When the semiconductor characteristic meter (3) supplies voltage to the reference electrode (42) to 〇V to 6 volts, and for the MOS field effect transistor (2), the source/drain voltage is fixed at 0.2 volts, and Measure and record the immersion current of the gold-oxygen half-field electric crystal Zhao (2) to the closed-pole M n-v] by the semiconductor characteristic meter (3), blind: and tilt the fourth graph to show the 'measureable domain' Measure H ( i ) in the immersed current to the inter-pole M curve responsive to each of the fluent liquid wipes.
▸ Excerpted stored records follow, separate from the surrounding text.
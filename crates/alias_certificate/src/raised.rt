//! The state that lines raise another to, and what it has beyond that one. It is looked for at the sites and
//! identifiers of the lines alone: all others stay as they are.
ghost use Rattle.std.specs.Prelude.{◌≡◌, ◌++◌, [], IfOk, OnOk, option_map};
ghost use Rattle.alias_lattice.specs.SiteOrder.{site_cmp};
ghost use Rattle.alias_lattice.specs.States.{value_at, empty_state};
ghost use Rattle.alias_certificate.specs.states.Beyond.{more_value, more_variables, beyond_of};
ghost use Rattle.alias_certificate.specs.states.Lines.{at_key, at_keys, with_sets, beyond_at};
ghost use Rattle.alias_certificate.specs.states.Raised.{raised_state};
ghost use Rattle.alias_certificate.specs.states.States.{with_values};

use crate::beyond::{push_more_value, push_more_variable};
use crate::states::{give_values, raised_state, set_of};
use crate::{Beyond, CertBlock, CertValue, CertVariable, CreatedFunctions};
use alias_base::{IdentifierId, List};
use alias_lattice::{InferenceState, Lattice, LatticeMap, Site, SiteSet};
use std::alloc::{AllocError, Global};

/// The value of the site, where the other state hasn't it.
fn push_value_at(
    more: &mut List<CertValue>,
    state: &InferenceState,
    old: &InferenceState,
    site: Site,
) -> Result<(), AllocError>
    ensures { OnOk result (more.new ≡ more.old ++ at_key (more_value old.now) site (value_at state.now site)) }
{
    match state.value_of(site) {
        Some(value) => push_more_value(more, old, site, value),
        None => Ok(()),
    }
}

/// The values that the other state hasn't, of the sites that have one in the state `said`.
fn values_at(
    alloc: Global,
    said: &InferenceState,
    state: &InferenceState,
    old: &InferenceState,
) -> Result<List<CertValue>, AllocError>
    ensures { IfOk result (λ more. more ≡ at_keys site_cmp (more_value old.now) state.now.values said.now.values) }
{
    // Does nothing: it tells the prover that this is a proper value.
    said.recall_proper();
    let mut more = List::new(alloc);
    let mut after = None;
    'values: while let Some(entry) = said.next_value(after) {
        push_value_at(&mut more, state, old, entry.0)?;
        after = Some(entry.0);
    }
    Ok(more)
}

/// The values that the other state hasn't, of the sites of the lines.
fn values_at_lines(
    alloc: Global,
    values: &[CertValue],
    state: &InferenceState,
    old: &InferenceState,
) -> Result<List<CertValue>, AllocError>
    ensures { IfOk result (λ more. more ≡ at_keys site_cmp (more_value old.now) state.now.values (with_values values.now empty_state).values) }
{
    let mut said = InferenceState::empty(alloc);
    give_values(&mut said, values)?;
    values_at(alloc, &said, state, old)
}

/// The set that the lines give each identifier, which is that of its last line.
fn sets_of(
    alloc: Global,
    variables: &[CertVariable],
) -> Result<LatticeMap<IdentifierId, SiteSet>, AllocError>
    ensures { IfOk result (λ sets. sets ≡ with_sets variables.now []) }
{
    let mut sets = LatticeMap::empty(alloc);
    for variable in variables {
        let sites = set_of(alloc, variable.sites.as_slice())?;
        sets.set(variable.identifier, sites)?;
    }
    Ok(sets)
}

/// The sites of the sets that the state's identifiers haven't.
fn sites_of_sets(
    alloc: Global,
    sets: &LatticeMap<IdentifierId, SiteSet>,
    old: &InferenceState,
) -> Result<List<CertVariable>, AllocError>
    ensures { IfOk result (λ more. more ≡ more_variables old.now sets.now) }
{
    // Does nothing: it tells the prover that this is a proper value.
    sets.recall_proper();
    let mut more = List::new(alloc);
    let mut after = None;
    'variables: while let Some(entry) = sets.entry_after(after) {
        push_more_variable(alloc, &mut more, old, entry.0, &entry.1)?;
        after = Some(entry.0);
    }
    Ok(more)
}

/// What the state has beyond the old one at the sites and identifiers of the block's lines.
fn beyond_at(
    alloc: Global,
    block: &CertBlock,
    state: &InferenceState,
    old: &InferenceState,
) -> Result<Beyond, AllocError>
    ensures { IfOk result (λ more. more ≡ beyond_at block.now state.now old.now) }
{
    let values = values_at_lines(alloc, block.values.as_slice(), state, old)?;
    let sets = sets_of(alloc, block.variables.as_slice())?;
    let variables = sites_of_sets(alloc, &sets, old)?;
    Ok(Beyond { values, variables })
}

/// The state that the block's lines raise the old one to, with what it has beyond the old one, or `None` where they
/// name what isn't there (`raised_state`). What is beyond takes the time of the lines, and not of the states. The one
/// error is out of memory.
pub fn raised_with_beyond(
    alloc: Global,
    identifiers: usize,
    created: &CreatedFunctions,
    block: &CertBlock,
    old: &InferenceState,
) -> Result<Option<(InferenceState, Beyond)>, AllocError>
    ensures { IfOk result (λ raised. raised ≡ option_map (λ s. (s, beyond_of s old.now)) (raised_state identifiers created.now block.now old.now)) }
{
    // Does nothing: it tells the prover that this is a proper value.
    old.recall_proper();
    let below = old.try_clone()?;
    match raised_state(alloc, identifiers, created, block, below)? {
        Some(state) => {
            // Does nothing: it tells the prover that this is a proper value.
            state.recall_proper();
            let more = beyond_at(alloc, block, &state, old)?;
            Ok(Some((state, more)))
        }
        None => Ok(None),
    }
}
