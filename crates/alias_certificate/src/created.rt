//! The functions that a function creates, as a certificate's lines look them up.
ghost use Rattle.std.specs.Prelude.{◌≡◌, IfOk};
ghost use Rattle.std.specs.BTreeSet.{contains};
ghost use Rattle.std.specs.Ordering.{nat_cmp};
ghost use Rattle.alias_base.specs.declared.ids.FunctionId.{FunctionId};
ghost use Rattle.alias_certificate.specs.states.States.{is_created};

use alias_base::{FunctionId, List};
use std::alloc::{AllocError, Global};
use std::collections::BTreeSet;
use std::marker::Model;

/// The functions that a function creates. A look-up takes logarithmic time.
pub struct CreatedFunctions {
    ids: List<FunctionId>,
    numbers: BTreeSet<u32>,
}

impl Drop for CreatedFunctions {
    fn drop(self) {
        let CreatedFunctions { ids: _, numbers: _ } = self;
    }
}

impl Model for CreatedFunctions {
    ghost use Rattle.std.specs.Prelude.{◌≡◌, List as Elements};
    ghost use Rattle.std.specs.BTreeSet.{contains};
    ghost use Rattle.std.specs.Ordering.{nat_cmp};
    ghost use Rattle.alias_base.specs.declared.ids.FunctionId.{FunctionId as Id};
    ghost use Rattle.alias_certificate.specs.states.States.{is_created};

    ghost Value = { Elements Id };

    ghost view = { λ c. c.ids };

    ghost invariant = { λ c. (f : Id) → contains nat_cmp c.numbers f.0 ≡ is_created c.ids f };
}

/// The numbers of the functions.
fn numbers_of(alloc: Global, ids: &[FunctionId]) -> Result<BTreeSet<u32>, AllocError>
    ensures { IfOk result (λ s. (f : FunctionId) → contains nat_cmp s f.0 ≡ is_created ids.now f) }
{
    let mut numbers = BTreeSet::new(alloc);
    for id in ids {
        numbers.insert(id.0)?;
    }
    Ok(numbers)
}

impl CreatedFunctions {
    /// The functions of the list.
    pub fn new(alloc: Global, ids: List<FunctionId>) -> Result<CreatedFunctions, AllocError>
        ensures { IfOk result (λ created. created ≡ ids) }
    {
        let numbers = numbers_of(alloc, ids.as_slice())?;
        Ok(CreatedFunctions { ids, numbers })
    }

    /// Whether the function is one of them.
    pub fn has(&self, function: FunctionId) -> bool
        ensures { result ≡ is_created self.now function }
    {
        self.numbers.contains(&function.0)
    }
}
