//! The entry state that a certificate says of a block.
ghost use Rattle.std.specs.Prelude.{◌≡◌, nat_lt, [], Some, None, IfOk, OnOk, if◌then◌else◌};
ghost use Rattle.std.specs.List.{list_all};
ghost use Rattle.alias_lattice.specs.States.{defined_as, state_join};
ghost use Rattle.alias_certificate.specs.states.Raised.{values_raised, variables_raised, are_sites_named, raised_state};
ghost use Rattle.alias_certificate.specs.states.States.{is_site_there, with_values, with_sites, is_full, are_valued, is_variable_there, with_variables, stated_state};

use crate::created::CreatedFunctions;
use crate::{CertBlock, CertValue, CertVariable};
use alias_base::IdentifierId;
use alias_lattice::{InferenceState, Lattice, Site, SiteSet};
use std::alloc::{AllocError, Global};

fn is_below(identifier: IdentifierId, identifiers: usize) -> bool
    ensures { result ≡ nat_lt identifier.0 identifiers }
{
    (identifier.0 as usize) < identifiers
}

/// Whether the identifiers of the site are below the number, and its function is one of those created.
fn is_site_there(identifiers: usize, created: &CreatedFunctions, site: Site) -> bool
    ensures { result ≡ is_site_there identifiers created.now site }
{
    match site {
        Site::Parameter(x) | Site::Context(x) | Site::Default(x) => is_below(x, identifiers),
        Site::Created { into, .. } => is_below(into, identifiers),
        Site::CreatedFrom { from, into }
        | Site::AssignFrozen { from, into }
        | Site::AssignCopy { from, into } => {
            is_below(from, identifiers) && is_below(into, identifiers)
        }
        Site::Function(function) => created.has(function),
    }
}

fn are_sites_there(identifiers: usize, created: &CreatedFunctions, values: &[CertValue]) -> bool
    ensures { result ≡ list_all (λ v. is_site_there identifiers created.now v.site) values.now }
{
    values
        .iter()
        .all(|value| is_site_there(identifiers, created, value.site))
}

pub(crate) fn give_values(
    state: &mut InferenceState,
    values: &[CertValue],
) -> Result<(), AllocError>
    ensures { OnOk result (state.new ≡ with_values values.now state.old) }
{
    for value in values {
        state.initialize(value.site, value.value)?;
    }
    Ok(())
}

/// Whether each of the sites has a value.
fn are_valued(state: &InferenceState, sites: &[Site]) -> bool
    ensures { result ≡ are_valued state.now sites.now }
{
    sites.iter().all(|site| state.value_of(*site).is_some())
}

/// The set of the sites.
pub(crate) fn set_of(alloc: Global, sites: &[Site]) -> Result<SiteSet, AllocError>
    ensures { IfOk result (λ set. set ≡ with_sites sites.now []) }
{
    let mut set = SiteSet::empty(alloc);
    for site in sites {
        set.insert(*site)?;
    }
    Ok(set)
}

fn is_variable_there(identifiers: usize, state: &InferenceState, variable: &CertVariable) -> bool
    ensures { result ≡ is_variable_there identifiers state.now variable.now }
{
    let sites = variable.sites.as_slice();
    is_below(variable.identifier, identifiers) && !sites.is_empty() && are_valued(state, sites)
}

/// Gives the identifiers their sets, and answers whether all that they name is there.
fn define_variables(
    alloc: Global,
    identifiers: usize,
    state: &mut InferenceState,
    variables: &[CertVariable],
) -> Result<bool, AllocError>
    ensures { IfOk result (λ there. with_variables identifiers variables.now state.old ≡ (if there then Some state.new else None)) }
{
    for variable in variables {
        if !is_variable_there(identifiers, &*state, variable) {
            return Ok(false);
        }
        let sites = set_of(alloc, variable.sites.as_slice())?;
        state.define_all(variable.identifier, sites)?;
    }
    Ok(true)
}

/// The entry state that is said of the block, or `None` where it names what isn't there: an identifier that isn't below
/// `identifiers`, a function that isn't one of those created, no site of an identifier, or a site without a value. The one
/// error is out of memory.
pub fn stated_state(
    alloc: Global,
    identifiers: usize,
    created: &CreatedFunctions,
    block: &CertBlock,
) -> Result<Option<InferenceState>, AllocError>
    ensures { IfOk result (λ state. state ≡ stated_state identifiers created.now block.now) }
{
    let values = block.values.as_slice();
    if !are_sites_there(identifiers, created, values) {
        return Ok(None);
    }
    let mut state = InferenceState::empty(alloc);
    give_values(&mut state, values)?;
    let variables = block.variables.as_slice();
    if define_variables(alloc, identifiers, &mut state, variables)? {
        Ok(Some(state))
    } else {
        Ok(None)
    }
}

/// Joins the values in: that of each site, or the line's where the site has none.
fn raise_values(
    alloc: Global,
    state: &mut InferenceState,
    values: &[CertValue],
) -> Result<(), AllocError>
    ensures { OnOk result (state.new ≡ values_raised values.now state.old) }
{
    let mut said = InferenceState::empty(alloc);
    give_values(&mut said, values)?;
    state.merge_from(&said)?;
    Ok(())
}

/// Gives the identifiers the sites besides their own, and answers whether all that they name is there.
fn raise_variables(
    alloc: Global,
    identifiers: usize,
    state: &mut InferenceState,
    variables: &[CertVariable],
) -> Result<bool, AllocError>
    ensures { IfOk result (λ there. variables_raised identifiers variables.now state.old ≡ (if there then Some state.new else None)) }
{
    let mut said = state.try_clone()?;
    if !define_variables(alloc, identifiers, &mut said, variables)? {
        return Ok(false);
    }
    state.merge_from(&said)?;
    Ok(true)
}

/// Whether the sites of a line are all there.
fn is_named(identifiers: usize, created: &CreatedFunctions, variable: &CertVariable) -> bool
    ensures { result ≡ list_all (λ k. is_site_there identifiers created.now k) variable.now.sites }
{
    variable
        .sites
        .as_slice()
        .iter()
        .all(|site| is_site_there(identifiers, created, *site))
}

fn are_sites_named(
    identifiers: usize,
    created: &CreatedFunctions,
    variables: &[CertVariable],
) -> bool
    ensures { result ≡ are_sites_named identifiers created.now variables.now }
{
    variables
        .iter()
        .all(|variable| is_named(identifiers, created, variable))
}

/// The state that the block's lines raise the given one to, which is above it: the values of their sites are joined with
/// its own, and its identifiers have their sites besides. `None` where they name what isn't there: an identifier that isn't
/// below `identifiers`, a function that isn't one of those created, no site of an identifier, or a site that has no value
/// then. The one error is out of memory.
pub fn raised_state(
    alloc: Global,
    identifiers: usize,
    created: &CreatedFunctions,
    block: &CertBlock,
    state: InferenceState,
) -> Result<Option<InferenceState>, AllocError>
    ensures { IfOk result (λ raised. raised ≡ raised_state identifiers created.now block.now state) }
{
    let values = block.values.as_slice();
    let variables = block.variables.as_slice();
    if !are_sites_there(identifiers, created, values)
        || !are_sites_named(identifiers, created, variables)
    {
        return Ok(None);
    }
    let mut raised = state;
    raise_values(alloc, &mut raised, values)?;
    if raise_variables(alloc, identifiers, &mut raised, variables)? {
        Ok(Some(raised))
    } else {
        Ok(None)
    }
}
It can be seen that the age of the pole is increased with the value, and then the curve of the gate current is used. A fixed current to determine the sensitivity of the sensor (i) to the muscle [s =, /pH] 'Please - and refer to the fifth figure, you can know the gasification layer of the sensor (丄) (13) [Please - and refer to the figure - shows that there are good sensing characteristics 'is very suitable for pH sensing. [0019] A reference electrode (42) electrode is placed, and a reference electrode () is applied to provide a stable potential. Please refer to the sixth figure again, which is the voltage-time measurement state diagram of the hate-squeaky flow reading circuit of the present invention, which is in the negative feedback mode.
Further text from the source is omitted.